Exercise -> In the listing below, start your output at the line with "filename crates/ua_chain/src/least_chains.rt" and end it after the line with "has a name.", copying every line exactly.

----

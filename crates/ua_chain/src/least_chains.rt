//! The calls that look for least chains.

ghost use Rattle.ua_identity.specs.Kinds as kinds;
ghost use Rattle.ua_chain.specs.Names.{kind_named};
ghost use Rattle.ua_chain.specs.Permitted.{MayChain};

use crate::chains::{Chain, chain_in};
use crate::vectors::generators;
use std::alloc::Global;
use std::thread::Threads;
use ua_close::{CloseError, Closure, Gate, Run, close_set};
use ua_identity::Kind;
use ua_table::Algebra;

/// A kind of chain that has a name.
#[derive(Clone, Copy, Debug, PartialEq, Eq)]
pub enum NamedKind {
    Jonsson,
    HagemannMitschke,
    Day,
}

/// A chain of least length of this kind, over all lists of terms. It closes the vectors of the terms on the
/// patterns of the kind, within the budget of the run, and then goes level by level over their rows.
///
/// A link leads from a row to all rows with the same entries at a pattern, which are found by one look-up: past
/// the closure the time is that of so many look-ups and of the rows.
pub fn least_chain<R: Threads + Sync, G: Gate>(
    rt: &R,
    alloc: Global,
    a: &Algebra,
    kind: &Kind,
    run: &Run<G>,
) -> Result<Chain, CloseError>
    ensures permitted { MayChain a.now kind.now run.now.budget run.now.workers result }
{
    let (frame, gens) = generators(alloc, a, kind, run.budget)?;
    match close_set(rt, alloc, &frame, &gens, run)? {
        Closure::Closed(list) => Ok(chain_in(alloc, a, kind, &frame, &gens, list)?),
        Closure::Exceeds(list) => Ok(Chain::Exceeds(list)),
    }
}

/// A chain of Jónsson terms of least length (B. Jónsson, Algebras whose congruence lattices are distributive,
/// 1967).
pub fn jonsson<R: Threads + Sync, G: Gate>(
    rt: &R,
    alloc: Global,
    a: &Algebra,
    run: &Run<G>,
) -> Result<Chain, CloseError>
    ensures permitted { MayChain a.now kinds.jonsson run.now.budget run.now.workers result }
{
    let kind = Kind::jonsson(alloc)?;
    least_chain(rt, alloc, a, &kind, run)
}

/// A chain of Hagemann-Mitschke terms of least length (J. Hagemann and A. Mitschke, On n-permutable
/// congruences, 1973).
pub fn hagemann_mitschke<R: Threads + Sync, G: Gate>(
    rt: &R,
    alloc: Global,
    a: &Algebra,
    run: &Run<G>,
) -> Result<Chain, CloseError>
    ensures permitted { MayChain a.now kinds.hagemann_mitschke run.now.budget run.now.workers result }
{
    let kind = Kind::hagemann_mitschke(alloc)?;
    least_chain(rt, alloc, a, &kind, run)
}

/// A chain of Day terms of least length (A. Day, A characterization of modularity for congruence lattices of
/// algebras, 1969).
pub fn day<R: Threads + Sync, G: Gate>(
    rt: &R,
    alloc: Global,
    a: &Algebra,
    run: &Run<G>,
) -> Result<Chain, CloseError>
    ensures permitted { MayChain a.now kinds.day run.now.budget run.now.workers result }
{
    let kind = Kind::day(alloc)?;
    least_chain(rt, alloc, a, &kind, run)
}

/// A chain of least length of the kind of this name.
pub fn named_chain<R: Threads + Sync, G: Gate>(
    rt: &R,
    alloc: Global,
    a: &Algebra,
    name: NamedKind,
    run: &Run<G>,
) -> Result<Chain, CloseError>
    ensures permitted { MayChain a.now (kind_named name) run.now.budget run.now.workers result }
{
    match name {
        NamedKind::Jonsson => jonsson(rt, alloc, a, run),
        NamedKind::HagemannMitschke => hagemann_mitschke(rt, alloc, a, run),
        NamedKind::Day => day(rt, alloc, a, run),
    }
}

----

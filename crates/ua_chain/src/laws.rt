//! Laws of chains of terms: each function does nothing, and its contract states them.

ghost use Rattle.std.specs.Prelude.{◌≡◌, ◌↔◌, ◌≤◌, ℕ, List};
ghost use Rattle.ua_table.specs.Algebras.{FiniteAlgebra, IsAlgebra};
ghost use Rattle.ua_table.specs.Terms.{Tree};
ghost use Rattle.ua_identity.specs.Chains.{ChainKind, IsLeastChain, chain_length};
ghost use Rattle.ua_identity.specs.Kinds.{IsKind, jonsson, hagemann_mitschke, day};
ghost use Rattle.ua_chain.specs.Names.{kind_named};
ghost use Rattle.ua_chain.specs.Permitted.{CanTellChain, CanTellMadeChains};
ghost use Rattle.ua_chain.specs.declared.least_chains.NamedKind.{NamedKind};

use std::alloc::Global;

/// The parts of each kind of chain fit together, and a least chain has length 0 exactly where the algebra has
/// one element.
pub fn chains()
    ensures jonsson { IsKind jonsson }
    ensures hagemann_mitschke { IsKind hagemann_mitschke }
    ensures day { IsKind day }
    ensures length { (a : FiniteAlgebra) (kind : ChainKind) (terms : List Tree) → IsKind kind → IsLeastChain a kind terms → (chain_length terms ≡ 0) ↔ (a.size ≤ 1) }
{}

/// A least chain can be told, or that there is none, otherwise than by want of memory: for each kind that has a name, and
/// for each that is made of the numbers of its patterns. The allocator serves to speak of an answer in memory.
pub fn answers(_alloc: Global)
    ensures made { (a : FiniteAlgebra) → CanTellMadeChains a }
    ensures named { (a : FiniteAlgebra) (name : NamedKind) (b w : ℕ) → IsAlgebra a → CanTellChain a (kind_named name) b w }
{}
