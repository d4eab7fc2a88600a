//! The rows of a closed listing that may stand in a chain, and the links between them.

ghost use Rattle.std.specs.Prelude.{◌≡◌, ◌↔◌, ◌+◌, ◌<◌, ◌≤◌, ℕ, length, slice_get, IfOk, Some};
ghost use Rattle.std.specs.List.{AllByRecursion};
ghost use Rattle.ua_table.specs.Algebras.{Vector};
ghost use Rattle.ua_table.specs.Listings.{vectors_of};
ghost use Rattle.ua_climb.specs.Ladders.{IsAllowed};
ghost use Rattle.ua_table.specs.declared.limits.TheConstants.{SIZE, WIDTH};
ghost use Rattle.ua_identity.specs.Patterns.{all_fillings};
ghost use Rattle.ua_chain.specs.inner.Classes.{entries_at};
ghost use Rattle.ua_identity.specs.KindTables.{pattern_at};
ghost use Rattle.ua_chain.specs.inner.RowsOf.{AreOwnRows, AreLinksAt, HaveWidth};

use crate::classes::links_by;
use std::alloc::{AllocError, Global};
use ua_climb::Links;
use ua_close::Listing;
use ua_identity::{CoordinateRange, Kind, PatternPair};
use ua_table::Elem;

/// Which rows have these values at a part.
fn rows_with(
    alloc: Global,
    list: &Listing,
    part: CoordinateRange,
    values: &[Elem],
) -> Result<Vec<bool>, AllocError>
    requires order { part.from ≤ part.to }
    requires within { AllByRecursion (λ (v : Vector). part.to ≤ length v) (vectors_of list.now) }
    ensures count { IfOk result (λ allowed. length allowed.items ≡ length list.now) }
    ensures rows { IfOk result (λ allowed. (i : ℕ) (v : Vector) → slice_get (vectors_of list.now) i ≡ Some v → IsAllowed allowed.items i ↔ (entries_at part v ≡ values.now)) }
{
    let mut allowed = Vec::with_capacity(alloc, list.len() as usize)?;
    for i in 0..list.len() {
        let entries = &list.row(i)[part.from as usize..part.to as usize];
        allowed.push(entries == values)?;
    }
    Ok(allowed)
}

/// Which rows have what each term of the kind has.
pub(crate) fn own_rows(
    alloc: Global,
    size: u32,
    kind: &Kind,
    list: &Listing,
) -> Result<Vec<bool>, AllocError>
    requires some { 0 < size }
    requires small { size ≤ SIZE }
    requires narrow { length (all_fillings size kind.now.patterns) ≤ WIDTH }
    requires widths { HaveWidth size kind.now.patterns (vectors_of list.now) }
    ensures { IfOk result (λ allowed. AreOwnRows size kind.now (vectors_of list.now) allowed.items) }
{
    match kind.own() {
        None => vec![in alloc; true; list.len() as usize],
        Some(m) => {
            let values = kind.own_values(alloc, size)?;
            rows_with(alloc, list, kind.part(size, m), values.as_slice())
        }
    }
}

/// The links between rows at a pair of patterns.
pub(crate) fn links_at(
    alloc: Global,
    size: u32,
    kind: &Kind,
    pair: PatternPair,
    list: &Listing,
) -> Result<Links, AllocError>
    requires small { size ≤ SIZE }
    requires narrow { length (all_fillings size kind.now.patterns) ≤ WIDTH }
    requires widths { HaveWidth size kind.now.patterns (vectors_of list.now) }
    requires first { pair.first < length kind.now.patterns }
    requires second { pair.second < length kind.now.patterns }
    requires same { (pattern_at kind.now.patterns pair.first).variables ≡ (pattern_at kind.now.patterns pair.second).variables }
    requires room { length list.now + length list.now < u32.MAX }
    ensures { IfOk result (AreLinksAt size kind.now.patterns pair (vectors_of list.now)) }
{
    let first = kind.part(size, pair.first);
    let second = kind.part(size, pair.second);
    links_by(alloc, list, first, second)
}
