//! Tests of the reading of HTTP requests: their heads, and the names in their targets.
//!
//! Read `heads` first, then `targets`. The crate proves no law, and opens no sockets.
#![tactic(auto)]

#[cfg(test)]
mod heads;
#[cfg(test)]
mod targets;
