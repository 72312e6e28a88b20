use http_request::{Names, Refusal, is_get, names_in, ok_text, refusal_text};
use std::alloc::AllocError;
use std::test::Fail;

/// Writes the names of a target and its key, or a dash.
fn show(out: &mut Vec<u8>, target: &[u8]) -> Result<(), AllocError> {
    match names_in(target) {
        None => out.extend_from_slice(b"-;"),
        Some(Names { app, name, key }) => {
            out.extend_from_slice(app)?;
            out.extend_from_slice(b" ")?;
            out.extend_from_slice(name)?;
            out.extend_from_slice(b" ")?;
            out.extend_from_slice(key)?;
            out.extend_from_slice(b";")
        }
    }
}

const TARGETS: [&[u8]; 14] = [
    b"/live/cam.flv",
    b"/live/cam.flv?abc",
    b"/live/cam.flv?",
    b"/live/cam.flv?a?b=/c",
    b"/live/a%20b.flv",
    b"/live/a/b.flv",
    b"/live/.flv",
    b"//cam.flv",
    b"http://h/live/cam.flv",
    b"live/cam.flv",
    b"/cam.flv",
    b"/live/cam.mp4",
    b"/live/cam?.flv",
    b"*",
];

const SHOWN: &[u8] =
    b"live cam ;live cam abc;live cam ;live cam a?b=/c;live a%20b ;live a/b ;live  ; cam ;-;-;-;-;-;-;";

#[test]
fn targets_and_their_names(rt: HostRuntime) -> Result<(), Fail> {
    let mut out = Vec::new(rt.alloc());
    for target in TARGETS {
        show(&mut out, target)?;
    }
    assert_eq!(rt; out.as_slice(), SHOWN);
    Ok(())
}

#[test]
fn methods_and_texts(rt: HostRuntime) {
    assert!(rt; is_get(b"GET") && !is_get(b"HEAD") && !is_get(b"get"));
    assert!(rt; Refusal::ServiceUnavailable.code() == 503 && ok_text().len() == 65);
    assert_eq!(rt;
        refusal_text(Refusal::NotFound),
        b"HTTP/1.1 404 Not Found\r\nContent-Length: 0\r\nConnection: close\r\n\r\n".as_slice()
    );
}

----

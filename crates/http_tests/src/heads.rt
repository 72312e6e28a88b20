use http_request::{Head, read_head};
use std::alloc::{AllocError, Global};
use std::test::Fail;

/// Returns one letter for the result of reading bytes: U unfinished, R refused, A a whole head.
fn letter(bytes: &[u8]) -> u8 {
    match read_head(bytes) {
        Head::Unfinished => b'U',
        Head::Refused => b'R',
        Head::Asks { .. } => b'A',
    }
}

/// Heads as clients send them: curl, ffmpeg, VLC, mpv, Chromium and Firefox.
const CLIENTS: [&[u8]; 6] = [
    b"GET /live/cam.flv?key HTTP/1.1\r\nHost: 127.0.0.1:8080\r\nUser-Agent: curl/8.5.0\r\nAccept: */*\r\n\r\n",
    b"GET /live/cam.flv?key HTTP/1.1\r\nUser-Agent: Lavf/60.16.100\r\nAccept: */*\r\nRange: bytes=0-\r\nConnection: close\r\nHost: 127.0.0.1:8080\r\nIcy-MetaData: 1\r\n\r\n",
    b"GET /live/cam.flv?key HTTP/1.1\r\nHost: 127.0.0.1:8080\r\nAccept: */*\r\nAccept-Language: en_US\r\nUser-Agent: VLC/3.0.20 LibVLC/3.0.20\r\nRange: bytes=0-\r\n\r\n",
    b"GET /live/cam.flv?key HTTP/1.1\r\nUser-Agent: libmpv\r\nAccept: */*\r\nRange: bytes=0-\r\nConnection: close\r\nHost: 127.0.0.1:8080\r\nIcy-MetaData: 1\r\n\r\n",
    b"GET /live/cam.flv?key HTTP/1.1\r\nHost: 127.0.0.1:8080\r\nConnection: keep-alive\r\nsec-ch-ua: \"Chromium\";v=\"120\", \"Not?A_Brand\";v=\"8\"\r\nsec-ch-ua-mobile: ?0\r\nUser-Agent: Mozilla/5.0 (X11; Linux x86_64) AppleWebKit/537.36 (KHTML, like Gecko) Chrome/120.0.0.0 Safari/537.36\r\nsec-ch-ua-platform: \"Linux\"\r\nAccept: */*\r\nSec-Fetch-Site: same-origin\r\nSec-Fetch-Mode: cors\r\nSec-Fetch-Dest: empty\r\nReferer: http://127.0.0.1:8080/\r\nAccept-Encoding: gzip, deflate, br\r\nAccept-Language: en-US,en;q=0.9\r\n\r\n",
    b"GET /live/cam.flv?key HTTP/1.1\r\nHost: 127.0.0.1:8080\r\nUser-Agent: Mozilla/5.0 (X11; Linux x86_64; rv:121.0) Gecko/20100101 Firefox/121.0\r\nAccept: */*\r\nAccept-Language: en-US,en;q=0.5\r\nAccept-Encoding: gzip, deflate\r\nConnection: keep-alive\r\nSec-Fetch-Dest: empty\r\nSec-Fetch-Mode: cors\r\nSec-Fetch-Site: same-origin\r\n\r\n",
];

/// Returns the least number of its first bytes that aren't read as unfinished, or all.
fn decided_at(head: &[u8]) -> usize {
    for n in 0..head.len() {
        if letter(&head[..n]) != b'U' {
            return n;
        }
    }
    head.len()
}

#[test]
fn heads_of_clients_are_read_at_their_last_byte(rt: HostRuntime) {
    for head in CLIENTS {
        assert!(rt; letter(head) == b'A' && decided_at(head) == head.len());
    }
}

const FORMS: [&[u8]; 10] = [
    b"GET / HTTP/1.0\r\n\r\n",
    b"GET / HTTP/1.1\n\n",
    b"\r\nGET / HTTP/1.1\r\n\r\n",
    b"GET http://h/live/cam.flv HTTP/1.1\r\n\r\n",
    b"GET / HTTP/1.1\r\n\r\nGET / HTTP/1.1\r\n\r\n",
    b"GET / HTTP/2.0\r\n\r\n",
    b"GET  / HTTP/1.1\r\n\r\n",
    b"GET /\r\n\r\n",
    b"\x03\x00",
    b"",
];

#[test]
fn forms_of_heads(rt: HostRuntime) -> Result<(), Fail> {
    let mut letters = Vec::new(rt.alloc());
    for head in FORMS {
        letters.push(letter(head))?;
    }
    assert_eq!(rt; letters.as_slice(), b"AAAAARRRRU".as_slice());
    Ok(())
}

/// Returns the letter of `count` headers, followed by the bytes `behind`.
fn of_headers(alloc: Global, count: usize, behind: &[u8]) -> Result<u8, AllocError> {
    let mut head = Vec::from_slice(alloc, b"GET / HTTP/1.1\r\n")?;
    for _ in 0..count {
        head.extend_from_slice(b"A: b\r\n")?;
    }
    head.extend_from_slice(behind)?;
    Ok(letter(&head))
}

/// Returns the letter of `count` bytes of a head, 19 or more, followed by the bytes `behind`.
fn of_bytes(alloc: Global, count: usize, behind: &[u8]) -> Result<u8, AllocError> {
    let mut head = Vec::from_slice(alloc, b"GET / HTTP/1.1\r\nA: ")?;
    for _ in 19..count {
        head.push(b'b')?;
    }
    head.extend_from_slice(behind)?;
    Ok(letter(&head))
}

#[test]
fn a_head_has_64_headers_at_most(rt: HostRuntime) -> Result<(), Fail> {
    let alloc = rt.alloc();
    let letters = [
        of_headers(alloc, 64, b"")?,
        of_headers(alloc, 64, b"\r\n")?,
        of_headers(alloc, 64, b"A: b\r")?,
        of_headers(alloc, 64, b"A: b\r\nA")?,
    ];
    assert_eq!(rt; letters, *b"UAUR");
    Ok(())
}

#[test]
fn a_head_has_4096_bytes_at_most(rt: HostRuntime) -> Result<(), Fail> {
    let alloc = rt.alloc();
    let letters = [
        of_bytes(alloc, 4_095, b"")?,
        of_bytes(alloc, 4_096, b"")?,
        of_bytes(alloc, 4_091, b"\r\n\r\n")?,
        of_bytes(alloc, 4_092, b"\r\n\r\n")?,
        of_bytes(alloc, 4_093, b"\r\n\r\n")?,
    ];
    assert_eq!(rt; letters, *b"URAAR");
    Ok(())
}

----

Exercise result ->
filename crates/ua_chain/src/least_chains.rt
//! The calls that look for least chains.

ghost use Rattle.ua_identity.specs.Kinds as kinds;
ghost use Rattle.ua_chain.specs.Names.{kind_named};
ghost use Rattle.ua_chain.specs.Permitted.{MayChain};

use crate::chains::{Chain, chain_in};
use crate::vectors::generators;
use std::alloc::Global;
use std::thread::Threads;
use ua_close::{CloseError, Closure, Gate, Run, close_set};
use ua_identity::Kind;
use ua_table::Algebra;

/// A kind of chain that has a name.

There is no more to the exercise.